Supplied records:
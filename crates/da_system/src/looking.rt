//! What a person may want to see of a system between two events.
ghost use Rattle.da_core.specs.Made.{phase_at};
ghost use Rattle.da_lang.specs.World.{World, at_number};
ghost use Rattle.da_system.specs.Channels.{channel};
ghost use Rattle.da_system.specs.Queues.{message_of};
ghost use Rattle.da_system.specs.Looking.{answers_at, slots_at};
ghost use Rattle.da_system.specs.State.{IsReady, Whichever, is_spent, program_of};
ghost use Rattle.std.specs.Option.{option_copied, option_map};
ghost use Rattle.std.specs.Prelude.{◌≡◌, ◌++◌, IfOk, OnOk, false};

use crate::queue::InFlight;
use crate::system::System;
use da_core::Place;
use da_lang::Action;
use da_values::{List, NoMemory, Row};

impl System<'_> {
    /// Where process `p` stands, or `None` where there is no such process. It takes no memory.
    pub fn place(&self, p: u32) -> Option<Place>
        ensures { Whichever self.now (λ s.
            option_map (λ (w : World). w.phase) (at_number s.worlds p) ≡ option_map phase_at result) }
    {
        match self.network.core(p) {
            Some(core) => Some(core.place()),
            None => None,
        }
    }

    /// The number of the label or `await` where process `p` waits, counted from 0 in the order of the text of `run` with calls
    /// inlined; `None` where there is no such process, or where it does not wait. It takes no memory.
    pub fn yield_number(&self, p: u32) -> Option<u32> {
        let core = self.network.core(p)?;
        core.yield_number()
    }

    /// Copies of the values of the slots of process `p`, in the order of their numbers; none where there is no such process.
    pub fn slots(&self, p: u32) -> Result<Row, NoMemory>
        ensures { IfOk result (λ values. Whichever self.now (λ s. values ≡ slots_at (at_number s.worlds p))) }
    {
        match self.network.core(p) {
            Some(core) => core.slots(),
            None => Ok(Row::new(self.network.alloc)),
        }
    }

    /// Tells the answers of all queries of process `p`, ascending by number, in `out`; none where there is no such process. Where
    /// memory is refused, `out` has some of them besides.
    pub fn answers(&self, p: u32, out: &mut List<Action>) -> Result<(), NoMemory>
        requires ready { IsReady self.now }
        requires unspent { is_spent self.now ≡ false }
        ensures { OnOk result (Whichever self.now (λ s.
            out.new ≡ out.old ++ answers_at (program_of self.now) p (at_number s.worlds p))) }
    {
        match self.network.core(p) {
            Some(core) => core.answers(out),
            None => Ok(()),
        }
    }

    /// Message `i` of those that are in flight from process `p` to process `q`, counted from 1, or `None` where there is no
    /// such message. It takes no memory.
    pub fn message(&self, p: u32, q: u32, i: u32) -> Option<&InFlight>
        ensures { Whichever self.now (λ s.
            option_map message_of (option_copied result) ≡ at_number (channel s.channels p q) i) }
    {
        self.network.channels.message(p, q, i)
    }
}
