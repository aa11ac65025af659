//! The events of one process or one channel that may be picked, one after the other.
ghost use Rattle.da_lang.specs.World.{at_number};
ghost use Rattle.da_system.specs.Choices.{alternatives_at as alternatives_at_def, deliveries_to, is_allowed, moves_of};
ghost use Rattle.da_system.specs.Counts.{allowed_in};
ghost use Rattle.da_system.specs.Network.{Whichever, program_of};
ghost use Rattle.da_system.specs.Picking.{Finds, IsOfAtMost, alternatives_of as alternatives_def};
ghost use Rattle.std.specs.List.{filter};
ghost use Rattle.std.specs.Prelude.{◌≡◌, ◌+◌, ◌≤◌, ◌^◌, ◌∷◌, []};

use crate::network::Network;
use da_core::Place;
use da_lang::Event;

/// How many messages of a channel may be picked, at most: the first ones.
const PICKED: u32 = 4;

impl Network<'_> {
    /// How many moves of process `p` are allowed, with its timeout. It takes no memory.
    pub(crate) fn moves(&self, p: u32) -> usize
        ensures number { Whichever self.now (λ s.
            result ≡ allowed_in (program_of self.now) s (moves_of s p)) }
        ensures few { result ≤ 2 ^ 32 + 1 }
    {
        match self.find_move_of(p, usize::MAX) {
            Ok(_) => unreachable!(),
            Err(past) => usize::MAX - past,
        }
    }

    /// How many of the first four messages from process `p` to process `q` may arrive. It takes no memory.
    pub(crate) fn deliveries(&self, p: u32, q: u32) -> usize
        ensures number { Whichever self.now (λ s.
            result ≡ allowed_in (program_of self.now) s (deliveries_to p q)) }
        ensures few { result ≤ 4 }
    {
        match self.find_delivery_to(p, q, usize::MAX) {
            Ok(_) => unreachable!(),
            Err(past) => usize::MAX - past,
        }
    }

    /// Event `j` of the moves of process `p` that are allowed, counted from 0, with its timeout after them, or by how much `j` is
    /// past the last of them. It takes no memory.
    pub(crate) fn find_move_of(&self, p: u32, j: usize) -> Result<Event, usize>
        ensures found { Whichever self.now (λ s.
            Finds (filter (is_allowed (program_of self.now) s) (moves_of s p)) j result) }
        ensures few { IsOfAtMost (2 ^ 32 + 1) j result }
    {
        let mut left = match self.find_one(Event::Move { p }, j) {
            Ok(event) => return Ok(event),
            Err(past) => past,
        };
        for place in 0..self.alternatives(p) {
            match self.find_one(Event::Take { p, k: place + 1 }, left) {
                Ok(event) => return Ok(event),
                Err(past) => left = past,
            }
        }
        self.find_one(Event::Timeout { p }, left)
    }

    /// The same among the deliveries of the first four messages from process `p` to process `q`. It takes no memory.
    pub(crate) fn find_delivery_to(&self, p: u32, q: u32, j: usize) -> Result<Event, usize>
        ensures found { Whichever self.now (λ s.
            Finds (filter (is_allowed (program_of self.now) s) (deliveries_to p q)) j result) }
        ensures few { IsOfAtMost 4 j result }
    {
        if self.in_flight(p, q) == 0 {
            return Err(j);
        }
        let mut left = j;
        for place in 0..PICKED {
            match self.find_one(Event::Deliver { p, q, i: place + 1 }, left) {
                Ok(event) => return Ok(event),
                Err(past) => left = past,
            }
        }
        Err(left)
    }

    // The same where this is the only event.
    fn find_one(&self, e: Event, j: usize) -> Result<Event, usize>
        ensures found { Whichever self.now (λ s.
            Finds (filter (is_allowed (program_of self.now) s) (e ∷ [])) j result) }
        ensures few { IsOfAtMost 1 j result }
    {
        if !self.may_step(&e) {
            return Err(j);
        }
        match j.checked_sub(1) {
            Some(past) => Err(past),
            None => Ok(e),
        }
    }

    // How many alternatives process `p` may have to take: those of the `await` at which it waits.
    fn alternatives(&self, p: u32) -> u32
        ensures { Whichever self.now (λ s. result ≡ alternatives_at_def (at_number s.worlds p)) }
    {
        match self.core(p) {
            Some(core) => alternatives_at(core.place()),
            None => 0,
        }
    }
}

// The alternatives of the `await` at which a process stands.
fn alternatives_at(place: Place) -> u32
    ensures { result ≡ alternatives_def place }
{
    match place {
        Place::Await(count) => count,
        Place::New | Place::Label | Place::Ended | Place::Faulted => 0,
    }
}
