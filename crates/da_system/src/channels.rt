//! The messages in flight.
ghost use Rattle.da_lang.specs.World.{at_number};
ghost use Rattle.da_system.specs.Channels.{after_action, after_actions, channel, may_arrive as arrive_def, may_lose as lose_def, may_repeat as repeat_def, no_messages, with_message, without_message};
ghost use Rattle.da_system.specs.FlatChannels.{place_of as place_def};
ghost use Rattle.da_system.specs.Queues.{AreSent, Each, HasPlace, IsAmong, IsNoPair, IsSent, StandsFor, count_of, message_of};
ghost use Rattle.std.specs.Option.{option_copied, option_map};
ghost use Rattle.std.specs.Prelude.{◌≡◌, ◌<◌, ◌^◌, IfOk, IfSome, MatchOption, OnOk, OnSome, length};

use crate::queue::{InFlight, Queue};
use da_lang::{Action, ChannelKind};
use da_values::{NoMemory, copy_value};
use std::alloc::Global;
use std::marker::Model;

/// The channels of so many processes: for each two of them, a process with itself included, the messages that are under
/// way from the one to the other. Those of the first sender come first, in the order of the recipients. Contracts see how
/// many processes there are and the queues, and the channels that they stand for, by `StandsFor`.
#[derive(Drop)]
pub struct Channels {
    alloc: Global,
    count: usize,
    queues: Vec<Queue>,
}

impl Model for Channels {
    ghost use Rattle.da_system.specs.Queued.{Queued};
    ghost use Rattle.da_system.specs.contracts.queue.InFlight as message;
    ghost use Rattle.std.specs.Coded.{codes};
    ghost use Rattle.std.specs.Prelude.{◌≡◌, ◌*◌, ◌<◌, ◌^◌, vec_len};

    ghost Value = { Queued };

    ghost coded = { Prim.hlevel (codes, message.the_row.coded) };

    ghost view = { λ channels. record { count = channels.count; queues = channels.queues.items } };

    ghost invariant = { λ channels. (channels.count < 2 ^ 16)
        × (vec_len channels.queues ≡ channels.count * channels.count) };
}

impl Channels {
    /// The channels of so many processes, with nothing in flight.
    pub fn new(alloc: Global, count: usize) -> Result<Channels, NoMemory>
        requires { count < 2 ^ 16 }
        ensures count { IfOk result (λ channels. count_of channels ≡ count) }
        ensures stands { IfOk result (λ channels. StandsFor channels (no_messages count)) }
    {
        let mut queues = Vec::new(alloc);
        for _place in 0..count * count {
            if queues.push(Queue::new(alloc)).is_err() {
                return Err(NoMemory);
            }
        }
        Ok(Channels {
            alloc,
            count,
            queues,
        })
    }

    /// Message `i` of the channel from `p` to `q`, counted from 1, or `None` where there is no such message. It takes no
    /// memory.
    pub fn message(&self, p: u32, q: u32, i: u32) -> Option<&InFlight>
        ensures value { Each self.now (λ channels.
            option_map message_of (option_copied result) ≡ at_number (channel channels p q) i) }
        ensures there { OnSome result (HasPlace (count_of self.now) p q i) }
        ensures numbers { OnSome result ((p < 2 ^ 16) × (q < 2 ^ 16)) }
    {
        let place = self.place_of(p, q)?;
        let at = (i as usize).checked_sub(1)?;
        self.queues.get(place)?.get(at)
    }

    /// How many processes there are. It takes no memory.
    pub fn processes(&self) -> u32
        ensures value { result ≡ count_of self.now }
        ensures few { result < 2 ^ 16 }
    {
        self.count as u32
    }

    /// How many messages are in flight from `p` to `q`. It takes no memory.
    pub fn in_flight(&self, p: u32, q: u32) -> usize
        ensures { Each self.now (λ channels. result ≡ length (channel channels p q)) }
    {
        match self.place_of(p, q) {
            Some(place) => self.queues[place].len(),
            None => 0,
        }
    }

    /// Message `i` of the channel from `p` to `q`, if it is there, leaves the channel. The two processes are there, and
    /// messages are counted from 1. It takes no memory.
    pub fn remove(&mut self, p: u32, q: u32, i: u32) -> Option<InFlight>
        requires { HasPlace (count_of self.old) p q i }
        ensures count { count_of self.new ≡ count_of self.old }
        ensures value { Each self.old (λ channels.
            option_map message_of result ≡ at_number (channel channels p q) i) }
        ensures stands { Each self.old (λ channels.
            StandsFor self.new (without_message channels p q i)) }
    {
        let Some(place) = self.place_of(p, q) else {
            unreachable!()
        };
        self.queues[place].remove(i as usize - 1)
    }

    /// A message goes to the end of the channel from `p` to `q`, which are there.
    pub fn push(&mut self, p: u32, q: u32, message: InFlight) -> Result<(), NoMemory>
        requires from { IsAmong (count_of self.old) p }
        requires to { IsAmong (count_of self.old) q }
        ensures count { count_of self.new ≡ count_of self.old }
        ensures stands { OnOk result (Each self.old (λ channels.
            StandsFor self.new (with_message channels p q (message_of message)))) }
    {
        let Some(place) = self.place_of(p, q) else {
            unreachable!()
        };
        self.queues[place].push(message)
    }

    /// The messages that these actions send go into their channels, one after the other.
    pub fn post(&mut self, actions: &[Action]) -> Result<(), NoMemory>
        requires { AreSent (count_of self.old) actions.now }
        ensures count { count_of self.new ≡ count_of self.old }
        ensures stands { OnOk result (Each self.old (λ channels.
            StandsFor self.new (after_actions channels actions.now))) }
    {
        for action in actions {
            self.post_one(action)?;
        }
        Ok(())
    }

    // The message that this action sends, if it sends one, goes into its channel.
    fn post_one(&mut self, action: &Action) -> Result<(), NoMemory>
        requires { IsSent (count_of self.old) action.now }
        ensures count { count_of self.new ≡ count_of self.old }
        ensures stands { OnOk result (Each self.old (λ channels.
            StandsFor self.new (after_action channels action.now))) }
    {
        match action {
            Action::Sent { p, q, t, v } => {
                let value = copy_value(self.alloc, v)?;
                self.push(u32::from(*p), u32::from(*q), InFlight { value, time: *t })
            }
            _ => Ok(()),
        }
    }

    /// A copy of message `i` of the channel from `p` to `q`, if it is there, goes to the end of the channel.
    pub fn repeat(&mut self, p: u32, q: u32, i: u32) -> Result<(), NoMemory>
        ensures count { count_of self.new ≡ count_of self.old }
        ensures stands { OnOk result (Each self.old (λ channels.
            IfSome (at_number (channel channels p q) i) (λ message.
            StandsFor self.new (with_message channels p q message)))) }
    {
        let Some(message) = self.message(p, q, i) else {
            return Ok(());
        };
        let copy = InFlight {
            value: copy_value(self.alloc, &message.value)?,
            time: message.time,
        };
        self.push(p, q, copy)
    }

    // The place of the channel from `p` to `q`, or `None` where one of them is not there.
    fn place_of(&self, p: u32, q: u32) -> Option<usize>
        ensures { MatchOption result (IsNoPair (count_of self.now) p q)
            (λ place. IsAmong (count_of self.now) p × IsAmong (count_of self.now) q
            × (place ≡ place_def (count_of self.now) p q) × (place < length self.now.queues)) }
    {
        let from = (p as usize).checked_sub(1)?;
        let to = (q as usize).checked_sub(1)?;
        if from < self.count && to < self.count {
            Some(from * self.count + to)
        } else {
            None
        }
    }
}

// Each field by its name: a further one is refused here until it is named. The queues have the messages in flight.
fn fields_are_whole(channels: &Channels) {
    let Channels {
        alloc: _,
        count: _,
        queues: _,
    } = channels;
}

/// Whether message `i` of a channel of this kind may arrive, as far as the kind decides: in a fifo kind only the first.
pub fn may_arrive(kind: ChannelKind, i: u32) -> bool
    ensures { result ≡ arrive_def kind i }
{
    match kind {
        ChannelKind::FifoReliable | ChannelKind::FifoUnreliable => i == 1,
        ChannelKind::UnorderedReliable | ChannelKind::UnorderedUnreliable => true,
    }
}

/// Whether messages may be lost in channels of this kind.
pub fn may_lose(kind: ChannelKind) -> bool
    ensures { result ≡ lose_def kind }
{
    match kind {
        ChannelKind::FifoUnreliable | ChannelKind::UnorderedUnreliable => true,
        ChannelKind::FifoReliable | ChannelKind::UnorderedReliable => false,
    }
}

/// Whether messages may be doubled in channels of this kind.
pub fn may_repeat(kind: ChannelKind) -> bool
    ensures { result ≡ repeat_def kind }
{
    match kind {
        ChannelKind::UnorderedUnreliable => true,
        ChannelKind::FifoReliable | ChannelKind::FifoUnreliable | ChannelKind::UnorderedReliable =>
            false,
    }
}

Try it: Only the lines of the data holding the string "List" are wanted; copy each of them.

Response:
use da_values::{List, NoMemory, Row};
    pub fn answers(&self, p: u32, out: &mut List<Action>) -> Result<(), NoMemory>
ghost use Rattle.std.specs.List.{filter};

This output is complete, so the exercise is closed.